DSEI (Defence & Security Equipment International) is one of the world’s largest arms fairs. It is run by Clarion Events, who are headquartered in London, but who also host 24 other arms fairs around the world (alongside other less bloodthirsty events such as the Baby Show). DSEI takes place once every two years in September, at ExCel – the huge exhibition centre in London’s Docklands.
In 2019, DSEI brought together 36,000+ arms buyers and dealers from 114 countries to network and make deals. In 2021, governments and military delegations will be browsing the wares of 1,600+ arms companies selling everything from guns and bombs to fighter jets and warships, with live action demos promised to take place in the Royal Victoria Dock.
They will be joined by companies selling surveillance equipment, drones and other tools of repression to police and state agencies, as Counter Terror Expo takes place alongside DSEI.
DSEI is an important event for the UK state, which heavily subsidises and promotes the arms industry, and helps organise the arms fair. In 2019, the UK invited delegations to DSEI from 67 countries, including countries involved in military conflicts and at war, and on its own list of human rights abusers.
You can find out more about the states and arms companies that attend DSEI, the locations of their offices and factories, the weapons that they sell, and who they sell them to on the website of Campaign Against Arms Trade.
Shutting down a multi-million pound arms fair protected by security fences and police lines, with a huge amount at stake for the organisers and the UK state, might sound like a pretty big ask. But it has been done before.

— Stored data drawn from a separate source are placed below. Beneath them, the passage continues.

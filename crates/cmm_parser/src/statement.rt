//! Blocks, and the statements that hold blocks.

ghost use Rattle.std.specs.Prelude.{◌≡◌, ◌+◌, ◌-◌, ◌<◌, ◌≤◌, ◌∷◌, ◌++◌, [], length, IfOk, OnOk};
ghost use Rattle.cmm_lexer.specs.declared.symbol.Symbol.TheVariants.{OpenSquare};
ghost use Rattle.cmm_lexer.specs.Spellings.{symbol_number};
ghost use Rattle.cmm_grammar.specs.Taking.{is_sign};
ghost use Rattle.cmm_ast.specs.declared.statement.StmtForm.TheVariants as stmts;
ghost use Rattle.cmm_grammar.specs.declared.told_apart.PartForm.TheVariants as forms;
ghost use Rattle.cmm_grammar.specs.Reading.{braces, optional, many};
ghost use Rattle.cmm_grammar.specs.StatementReading as readers;
ghost use Rattle.cmm_grammar.specs.StatementReading.{is_within};
ghost use Rattle.cmm_parser.specs.inside.Parsing.{Takes, MayTake, TakesBlocks, MayTakeBlocks, TakesChain, MayTakeChain, point_of};

use crate::fault::Stop;
use crate::parser::Parser;
use cmm_ast::{Arm, Block, Expr, Local, Otherwise, Part, Primary, Span, Stmt, StmtForm};
use cmm_grammar::PartForm;
use cmm_items::{Boxed, Items};
use cmm_lexer::{Keyword, Symbol};
use std::alloc::{AllocError, Global};

/// The part with these numbers of its first token and of the token after its last.
fn part_of(token: u32, past: u32, form: PartForm) -> Part
    ensures { result ≡ readers.part_of token past form }
{
    match form {
        PartForm::OfLocal(form) => Part::Local(Local { token, past, form }),
        PartForm::OfStmt(form) => Part::Stmt(Stmt { token, past, form }),
    }
}

// What a level of blocks holds while the next one is parsed stays in boxes, and what is made of it is made by functions of their own:
// a part takes 320 bytes, and each copy of one would stand on the stack at each level.

/// The part with these numbers, in a box.
#[inline(never)]
fn boxed_part(
    alloc: Global,
    token: u32,
    past: u32,
    form: Boxed<PartForm>,
) -> Result<Boxed<Part>, AllocError>
    ensures { IfOk result (λ part. part ≡ readers.part_of token past form) }
{
    Boxed::new(alloc, part_of(token, past, form.into_inner()))
}

/// The statement with these numbers, in a box.
#[inline(never)]
fn boxed_stmt(
    alloc: Global,
    token: u32,
    past: u32,
    form: Boxed<StmtForm>,
) -> Result<Boxed<Stmt>, AllocError>
    ensures { IfOk result (λ stmt. stmt ≡ record { token = token; past = past; form = form }) }
{
    let form = form.into_inner();
    Boxed::new(alloc, Stmt { token, past, form })
}

/// This statement, as a part.
#[inline(never)]
fn of_stmt(alloc: Global, form: Boxed<StmtForm>) -> Result<Boxed<PartForm>, AllocError>
    ensures { IfOk result (λ part. part ≡ forms.OfStmt form) }
{
    Boxed::new(alloc, PartForm::OfStmt(form.into_inner()))
}

/// An `if` of these.
#[inline(never)]
fn boxed_if(
    alloc: Global,
    condition: Boxed<Expr>,
    then: Block,
    otherwise: Otherwise,
) -> Result<Boxed<StmtForm>, AllocError>
    ensures { IfOk result (λ form. form ≡ stmts.If condition then otherwise) }
{
    let condition = condition.into_inner();
    Boxed::new(
        alloc,
        StmtForm::If {
            condition,
            then,
            otherwise,
        },
    )
}

/// A `switch` of these.
#[inline(never)]
fn boxed_switch(
    alloc: Global,
    range: Option<Span>,
    value: Boxed<Expr>,
    arms: Items<Arm>,
) -> Result<Boxed<StmtForm>, AllocError>
    ensures { IfOk result (λ form. form ≡ stmts.Switch range value arms) }
{
    let value = value.into_inner();
    Boxed::new(alloc, StmtForm::Switch { range, value, arms })
}

/// A `span` of these.
#[inline(never)]
fn boxed_span(
    alloc: Global,
    key: Primary,
    value: Boxed<Expr>,
    body: Block,
) -> Result<Boxed<StmtForm>, AllocError>
    ensures { IfOk result (λ form. form ≡ stmts.Span key value body) }
{
    let value = value.into_inner();
    Boxed::new(alloc, StmtForm::Span { key, value, body })
}

/// Puts the part behind these, out of its box.
#[inline(never)]
fn add(parts: &mut Items<Part>, part: Boxed<Part>) -> Result<(), AllocError>
    ensures { IfOk result (λ _. parts.new ≡ parts.old ++ part ∷ []) }
{
    parts.push(part.into_inner())?;
    Ok(())
}

impl Parser<'_> {
    /// Statements and declarations in braces.
    #[cycle(statement)]
    pub(crate) fn block(&mut self) -> Result<Block, Stop>
        ensures { Takes (λ fuel. readers.block fuel) (point_of self.old) result (point_of self.new) }
    {
        let outside = self.enter(Symbol::OpenBrace)?;
        let parts = self.body()?;
        self.leave(Symbol::CloseBrace, outside)?;
        Ok(Block { parts })
    }

    /// The parts of a block, up to its closing brace.
    #[cycle(statement)]
    fn body(&mut self) -> Result<Items<Part>, Stop>
        ensures { MayTakeBlocks (λ fuel blocks. many fuel is_within (readers.part fuel blocks) []) (point_of self.old) result (point_of self.new) }
    {
        let mut parts = Items::new(self.alloc);
        while self.is_within(Symbol::CloseBrace) {
            add(&mut parts, self.part()?)?;
        }
        Ok(parts)
    }

    /// A statement or a declaration.
    #[cycle(statement)]
    fn part(&mut self) -> Result<Boxed<Part>, Stop>
        ensures { TakesBlocks readers.part (point_of self.old) result (point_of self.new) }
    {
        let token = self.here();
        let form = self.part_form()?;
        let past = self.here();
        Ok(boxed_part(self.alloc, token, past, form)?)
    }

    /// What a part of a block is, by its first token.
    #[cycle(statement)]
    fn part_form(&mut self) -> Result<Boxed<PartForm>, Stop>
        ensures { TakesBlocks readers.part_form (point_of self.old) result (point_of self.new) }
    {
        if self.accept_word(Keyword::If) {
            Ok(of_stmt(self.alloc, self.if_form()?)?)
        } else if self.accept_word(Keyword::Switch) {
            Ok(of_stmt(self.alloc, self.switch_form()?)?)
        } else if self.accept_word(Keyword::Span) {
            Ok(of_stmt(self.alloc, self.span_form()?)?)
        } else {
            self.boxed_flat_part()
        }
    }

    /// A part that holds no block, in a box.
    #[inline(never)]
    fn boxed_flat_part(&mut self) -> Result<Boxed<PartForm>, Stop>
        ensures { Takes (λ fuel. readers.flat_part fuel) (point_of self.old) result (point_of self.new) }
    {
        let form = self.flat_part()?;
        let part = Boxed::new(self.alloc, form)?;
        Ok(part)
    }

    /// What follows an `if`.
    #[cycle(statement)]
    #[inline(never)]
    fn if_form(&mut self) -> Result<Boxed<StmtForm>, Stop>
        ensures { TakesChain (λ turns fuel blocks. readers.if_form fuel blocks (readers.otherwise turns fuel blocks)) (point_of self.old) result (point_of self.new) }
    {
        let condition = self.boxed_whole()?;
        let then = self.block()?;
        let otherwise = self.otherwise()?;
        Ok(boxed_if(self.alloc, condition, then, otherwise)?)
    }

    /// What stands after the block of an `if`.
    #[cycle(statement)]
    #[inline(never)]
    fn otherwise(&mut self) -> Result<Otherwise, Stop>
        ensures { MayTakeChain readers.otherwise (point_of self.old) result (point_of self.new) }
    {
        if self.accept_word(Keyword::Else) {
            if self.is_symbol(Symbol::OpenBrace) {
                return Ok(Otherwise::Else(self.block()?));
            }
            let chained = self.chained()?;
            return Ok(Otherwise::ElseIf(chained));
        }
        Ok(Otherwise::Nothing)
    }

    /// An `if` after an `else`, which counts as an open bracket until its chain ends.
    #[cycle(statement)]
    fn chained(&mut self) -> Result<Boxed<Stmt>, Stop>
        ensures { TakesChain (λ turns fuel blocks. readers.chained (readers.if_form fuel blocks (readers.otherwise turns fuel blocks))) (point_of self.old) result (point_of self.new) }
    {
        let token = self.here();
        let outside = self.enter_if()?;
        let form = self.if_form()?;
        let past = self.here();
        self.close(outside);
        Ok(boxed_stmt(self.alloc, token, past, form)?)
    }

    /// What follows a `switch`.
    #[cycle(statement)]
    #[inline(never)]
    fn switch_form(&mut self) -> Result<Boxed<StmtForm>, Stop>
        ensures { TakesBlocks readers.switch_form (point_of self.old) result (point_of self.new) }
    {
        let range = self.optional_span()?;
        let value = self.boxed_whole()?;
        let arms = self.braced_arms()?;
        Ok(boxed_switch(self.alloc, range, value, arms)?)
    }

    /// The values that a switch is over, where they stand in square brackets.
    fn optional_span(&mut self) -> Result<Option<Span>, Stop>
        ensures { MayTake (λ fuel. optional (is_sign OpenSquare) (readers.switch_span fuel)) (point_of self.old) result (point_of self.new) }
    {
        if self.is_symbol(Symbol::OpenSquare) {
            Ok(Some(self.switch_span()?))
        } else {
            Ok(None)
        }
    }

    /// The arms of a switch, in braces.
    #[cycle(statement)]
    fn braced_arms(&mut self) -> Result<Items<Arm>, Stop>
        ensures { TakesBlocks (λ fuel blocks. braces (many fuel is_within (readers.arm fuel blocks) [])) (point_of self.old) result (point_of self.new) }
    {
        let outside = self.enter(Symbol::OpenBrace)?;
        let arms = self.arms()?;
        self.leave(Symbol::CloseBrace, outside)?;
        Ok(arms)
    }

    /// The arms of a switch, up to its closing brace.
    #[cycle(statement)]
    fn arms(&mut self) -> Result<Items<Arm>, Stop>
        ensures { MayTakeBlocks (λ fuel blocks. many fuel is_within (readers.arm fuel blocks) []) (point_of self.old) result (point_of self.new) }
    {
        let mut arms = Items::new(self.alloc);
        while self.is_within(Symbol::CloseBrace) {
            arms.push(self.arm()?)?;
        }
        Ok(arms)
    }

    #[cycle(statement)]
    fn arm(&mut self) -> Result<Arm, Stop>
        ensures { TakesBlocks readers.arm (point_of self.old) result (point_of self.new) }
    {
        let token = self.here();
        let case = self.case()?;
        let body = self.block()?;
        Ok(Arm { token, case, body })
    }

    /// What follows a `span`.
    #[cycle(statement)]
    #[inline(never)]
    fn span_form(&mut self) -> Result<Boxed<StmtForm>, Stop>
        ensures { TakesBlocks readers.span_form (point_of self.old) result (point_of self.new) }
    {
        let key = self.whole_prim()?;
        let value = self.boxed_whole()?;
        let body = self.block()?;
        Ok(boxed_span(self.alloc, key, value, body)?)
    }
}
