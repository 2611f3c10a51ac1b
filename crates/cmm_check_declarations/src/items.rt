//! What stands in a unit: declarations, data and spans.
#![tactic(auto, using(cmm_static_semantics::proofs::Shared::first_of_append))]

ghost use Rattle.std.specs.Prelude.{◌≡◌, map, flat_map};
ghost use Rattle.cmm_static_semantics.specs.Spots.{first_of};
ghost use Rattle.cmm_static_semantics.specs.Units as units;
ghost use Rattle.cmm_symbols.specs.Shown.{thing_item};
ghost use Rattle.cmm_typing.specs.Fitting.{AreWords};

use crate::data::note_datum;
use cmm_ast::{DeclForm, Item, TypeName};
use cmm_static_semantics::Spot;
use cmm_symbols::Thing;
use cmm_typing::{Names, note_constant, note_number_of_primary, note_type, note_width, width_of};

/// The type of an import or export is bits64.
fn note_link_type<N: Names>(names: &N, t: &Option<TypeName>, best: &mut Option<Spot>)
    ensures { best.new ≡ first_of best.old (units.link_type_spots (N.senses names.now) t.now) }
{
    match t {
        None => {}
        Some(t) => {
            note_type(names, t, best);
            note_width(64, t.token, width_of(names, t), best);
        }
    }
}

fn note_declaration<N: Names>(names: &N, form: &DeclForm, best: &mut Option<Spot>)
    ensures { best.new ≡ first_of best.old (units.decl_spots (N.senses names.now) form.now) }
{
    match form {
        DeclForm::Import { width, .. } => note_link_type(names, width, best),
        DeclForm::Export { width, .. } => note_link_type(names, width, best),
        DeclForm::Const { .. } => {}
        DeclForm::Typedef { .. } => {}
        DeclForm::Register { .. } => {}
        DeclForm::Target(_) => {}
    }
}

/// Notes the faults of an item. What its names are declared as, and what stands in a span, are not looked into.
pub fn note_item<N: Names>(names: &N, item: &Item, best: &mut Option<Spot>)
    requires { AreWords (N.senses names.now) }
    ensures { best.new ≡ first_of best.old (units.item_spots (N.senses names.now) item.now) }
{
    match item {
        Item::Decl(decl) => note_declaration(names, &decl.form, best),
        Item::Datum(datum) => note_datum(names, datum, best),
        Item::Proc(_) => {}
        Item::Span { key, value, .. } => {
            note_number_of_primary(names, key, best);
            note_constant(names, value, best);
        }
    }
}

fn note_thing<'a, N: Names>(names: &N, thing: Thing<'a>, best: &mut Option<Spot>)
    requires { AreWords (N.senses names.now) }
    ensures { best.new ≡ first_of best.old (units.item_spots (N.senses names.now) (thing_item thing.entry)) }
{
    match thing {
        Thing::Item(item) => note_item(names, item, best),
        Thing::Decl(decl) => note_declaration(names, &decl.form, best),
        Thing::Proc(_) => {}
    }
}

/// Notes the faults of imports, exports, data and spans: rules 21 to 28, 38 and 40. Procedures are not looked into.
pub fn note_items<'a, N: Names>(names: &N, things: &[Thing<'a>], best: &mut Option<Spot>)
    requires { AreWords (N.senses names.now) }
    ensures { best.new ≡ first_of best.old (flat_map (units.item_spots (N.senses names.now)) (map thing_item things.now)) }
{
    for thing in things {
        note_thing(names, *thing, best);
    }
}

In 2008, the Asia-Pacific Defence and Security Exhibition (APDSE) became the latest Australian arms fair to be cancelled, after the Australian International Defence Equipment Exhibition was shut down for good by protests in 1991. APDSE was to have been the first arms fair held in Australia for 17 years, but didn’t go ahead, in the words of the Acting Premier Kevin Foley, because of concerns about “the scale of the planned protests”, “the cost of security” and, without any hint of irony, supposed “possible threats of violence”.
More recently and closer to home, the Defence, Procurement, Research, Technology and Exportability (DRPTE) arms fair was chased out of Cardiff then Birmingham in 2019, after having been driven from Bristol in 2014. Glasgow sank Undersea Defence Technology (UDT) in 2018, with the local council vowing never to host arms fairs in the city again.
The ExCeL centre is in London’s docklands.
Tube: nearby stations include Royal Victoria, Custom House, and Prince Regent on the Docklands Light Railway (DLR). On the Jubilee line and DLR, slightly further away, is Canning Town.
Car: Follow signs for Royal Docks, City Airport and ExCeL (postcode E16 1XL).
If you’re from outside London: the TFL website explains how to get around London.
For more transport information, see ExCeL’s website. They also have an interactive map so you can get a sense of what it looks like inside.